Debussy
Pelléas et Mélisande – lyric drama in five acts based on the play by Maurice Maeterlinck [concert performance; sung in French with English surtitles]
Mélisande – Natalie Dessay
Pelléas – Simon Keenlyside
Geneviève – Marie-Nicole Lemieux
Golaud – Laurent Naouri
Arkel – Alain Vernhes
Yniold – Khatouna Gadelia
Doctor – Nahuel di Pierro
Orchestre de Paris
Louis Langrée
Reviewed by: Peter Reed
Reviewed: 19 April, 2011
Venue: Barbican Hall, London
Opera directors have tied themselves, and their audiences, up in knots in their approaches to Debussy’s symbolist masterpiece, with some wayward results – so this back-to-basics concert performance proved yet again that the drama is all there is the music. It was given additional fluency by the predominantly French singers and players, and came on the back of two performances given in Paris.
You’d think that it would be hard going for the listener to be on the cusp for three hours between the opera’s shifting expressive allegiances of words and music, without the support of visual aids, but in a performance as focused as this, with the drama reduced to a few gestures and glances, all the components of the opera – the relationships and the elemental importance of water, light and nature – found their virtual reality in the music with consummate ease. It was a performance that embraced the paradoxes that make this shadowy work so powerful, that ungraspable blend of extreme evanescence and extreme tension.
Keenlyside’s high baritone, in telling, caressing contrast to Naouri, was singularly appropriate for Pelléas, and his still-youthful presence was a touching reminder of the enclosed, solipsistic nature of artless passion. There was an otherworldly ferocity to his singing in the Act Two scene where he is ’playing’ with Mélisande, and the love scene was perfectly paced. “All the stars are falling”, he sings, and our defences fell with them.

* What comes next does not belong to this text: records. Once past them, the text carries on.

//! A script that makes a state, and whether two states are the same.
//!
//! `dump` makes the text, of declarations (`schema_text`) and of batches that insert all rows (`inserts`). `comparing` compares what a
//! script made with what it was to make: `is_same_state` says that the rows are the same, `are_same_headings` the declarations.
#![tactic(auto)]

pub mod comparing;
pub mod dump;
pub mod inserts;
pub mod schema_text;
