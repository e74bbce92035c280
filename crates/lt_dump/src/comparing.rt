//! Whether what two worlds have is the same: their declarations, and their rows.
ghost use Rattle.std.specs.Prelude.{◌≡◌, true};
ghost use Rattle.lt_base.specs.Tables.{state_of};

use lt_base::{Database, Rows};
use lt_face::row::Row;
use lt_face::row_set::RowReads;
use lt_face::walk::RowWalk;
use lt_model::kind::{Kind, KindList};
use lt_model::name::Name;
use std::alloc::Global;

fn is_same_name(one: &Name, other: &Name) -> bool
    ensures { result ≡ true → one.now ≡ other.now }
{
    one.as_bytes() == other.as_bytes()
}

fn is_same_kind(one: &Kind, other: &Kind) -> bool
    ensures { result ≡ true → one.now ≡ other.now }
{
    match *one {
        Kind::Int => match *other {
            Kind::Int => true,
            Kind::Sym => false,
        },
        Kind::Sym => match *other {
            Kind::Int => false,
            Kind::Sym => true,
        },
    }
}

fn are_same_in_order(one: &[Kind], other: &[Kind]) -> bool
    ensures { result ≡ true → one.now ≡ other.now }
{
    if one.len() != other.len() {
        return false;
    }
    'kinds: for number in 0..one.len() {
        if !is_same_kind(&one[number], &other[number]) {
            return false;
        }
    }
    true
}

fn are_same_kinds(one: &KindList, other: &KindList) -> bool
    ensures { result ≡ true → one.now ≡ other.now }
{
    are_same_in_order(one.as_slice(), other.as_slice())
}

fn is_same_number(one: u32, other: u32) -> bool
    ensures { result ≡ true → one ≡ other }
{
    one == other
}

// Whether two relations are declared in the same way.
fn is_same_heading(one: &(Name, KindList, u32), other: &(Name, KindList, u32)) -> bool
    ensures { result ≡ true → one.now ≡ other.now }
{
    if !is_same_name(&one.0, &other.0) {
        return false;
    }
    if !are_same_kinds(&one.1, &other.1) {
        return false;
    }
    if !is_same_number(one.2, other.2) {
        return false;
    }
    true
}

/// Whether the same relations are declared, in the same order.
pub fn are_same_headings(one: &[(Name, KindList, u32)], other: &[(Name, KindList, u32)]) -> bool
    ensures { result ≡ true → one.now ≡ other.now }
{
    if one.len() != other.len() {
        return false;
    }
    'headings: for number in 0..one.len() {
        if !is_same_heading(&one[number], &other[number]) {
            return false;
        }
    }
    true
}

// Whether two rows have the same cells.
fn is_same_row(one: &Row, other: &Row) -> bool
    ensures { result ≡ true → one.now ≡ other.now }
{
    one.cells() == other.cells()
}

// Whether two relations have the same rows, which are as wide.
fn is_same_relation(alloc: Global, one: &Rows, other: &Rows) -> bool
    ensures { result ≡ true → one.now ≡ other.now }
{
    if one.width() != other.width() {
        return false;
    }
    let mut left = RowWalk::over(alloc, one);
    let mut right = RowWalk::over(alloc, other);
    'rows: for _ in 0..one.len() {
        let Some(row) = left.next_row() else {
            return false;
        };
        let Some(found) = right.next_row() else {
            return false;
        };
        if !is_same_row(row, found) {
            return false;
        }
    }
    left.next_row().is_none() && right.next_row().is_none()
}

/// Whether two databases have the same relations, with the same rows.
pub fn is_same_state(alloc: Global, one: &Database, other: &Database) -> bool
    ensures { result ≡ true → state_of one.now ≡ state_of other.now }
{
    let Ok(count) = u32::try_from(one.count()) else {
        return false;
    };
    if one.count() != other.count() {
        return false;
    }
    'relations: for number in 0..count {
        let Some(rows) = one.rows(number) else {
            return false;
        };
        let Some(found) = other.rows(number) else {
            return false;
        };
        if !is_same_relation(alloc, rows, found) {
            return false;
        }
    }
    true
}
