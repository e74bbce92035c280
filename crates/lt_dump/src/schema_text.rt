//! Declarations, as they are written.
use lt_face::NoMemory;
use lt_input::pieces::push_all;
use lt_model::kind::{Kind, KindList};
use lt_model::name::Name;
use std::alloc::Global;

fn kind_text(kind: Kind) -> &'static str {
    match kind {
        Kind::Int => "int",
        Kind::Sym => "sym",
    }
}

// What stands before the kind with this number.
fn before(number: usize, keys: usize) -> &'static str {
    if number == 0 {
        return "";
    }
    if number == keys {
        return " -> ";
    }
    ", "
}

/// The declaration of a relation, without a line feed.
pub fn declaration(
    alloc: Global,
    name: &Name,
    kinds: &KindList,
    keys: u32,
) -> Result<Vec<u8>, NoMemory> {
    let mut text = Vec::new(alloc);
    push_all(&mut text, &[b"relation ", name.as_bytes(), b"("])?;
    for (number, kind) in kinds.as_slice().iter().enumerate() {
        let before = before(number, keys as usize);
        push_all(&mut text, &[before.as_bytes(), kind_text(*kind).as_bytes()])?;
    }
    text.extend_from_slice(b");")?;
    Ok(text)
}
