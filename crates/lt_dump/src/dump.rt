//! A script that makes the present state.
use crate::inserts::Inserts;
use crate::schema_text::declaration;
use lt_base::Database;
use lt_face::NoMemory;
use lt_face::row_set::RowReads;
use lt_face::walk::RowWalk;
use lt_model::kind::{Kind, KindList};
use lt_model::name::Name;
use std::alloc::Global;

// Adds the rows of a set.
fn add_rows<R: RowReads>(
    alloc: Global,
    inserts: &mut Inserts,
    name: &[u8],
    kinds: &[Kind],
    rows: &R,
) -> Result<(), NoMemory> {
    let mut walk = RowWalk::over(alloc, rows);
    for _ in 0..walk.len() {
        let Some(row) = walk.next_row() else {
            break;
        };
        inserts.add(name, kinds, row.cells())?;
    }
    Ok(())
}

// Adds the rows of all relations.
fn add_all(
    alloc: Global,
    inserts: &mut Inserts,
    headings: &[(Name, KindList, u32)],
    database: &Database,
) -> Result<(), NoMemory> {
    let mut number = 0u32;
    for (name, kinds, _) in headings {
        if let Some(rows) = database.rows(number) {
            add_rows(alloc, inserts, name.as_bytes(), kinds.as_slice(), rows)?;
        }
        number = number.saturating_add(1);
    }
    Ok(())
}

/// The declarations of these relations, and batches that insert all rows.
pub fn dump_text(
    alloc: Global,
    headings: &[(Name, KindList, u32)],
    database: &Database,
) -> Result<Inserts, NoMemory> {
    let mut inserts = Inserts::new(alloc);
    for (name, kinds, keys) in headings {
        let text = declaration(alloc, name, kinds, *keys)?;
        inserts.text.extend_from_slice(&text)?;
        inserts.text.extend_from_slice(b"\n")?;
    }
    add_all(alloc, &mut inserts, headings, database)?;
    inserts.close()?;
    Ok(inserts)
}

Dessay’s Mélisande was similarly convincing and natural, all-the-better to express the opposition of Mélisande’s passivity, arousal and innocence. Dessay paced herself well, so that the difference between her half-voice, interior singing at the start and her first, full outburst when she literally lets her hair down was shockingly effective. The clarity and simplicity of her singing gave the shadowy allusions of the words terrific resonance.
Alain Vernhes sang the role of Arkel with touching compassion, and strong singing and characterisation from Marie-Nicole Lemieux (also in the Pelly production) made you wish that Geneviève was a bigger role than it is.I loved Louis Langrée’s dispassionate overview of the work, which allowed the orchestra and singers to merge in and out of each other. The interludes were especially telling, almost explanatory, and the sound, so inimitably French, completed Debussy’s floating-world impression of darkness and desire.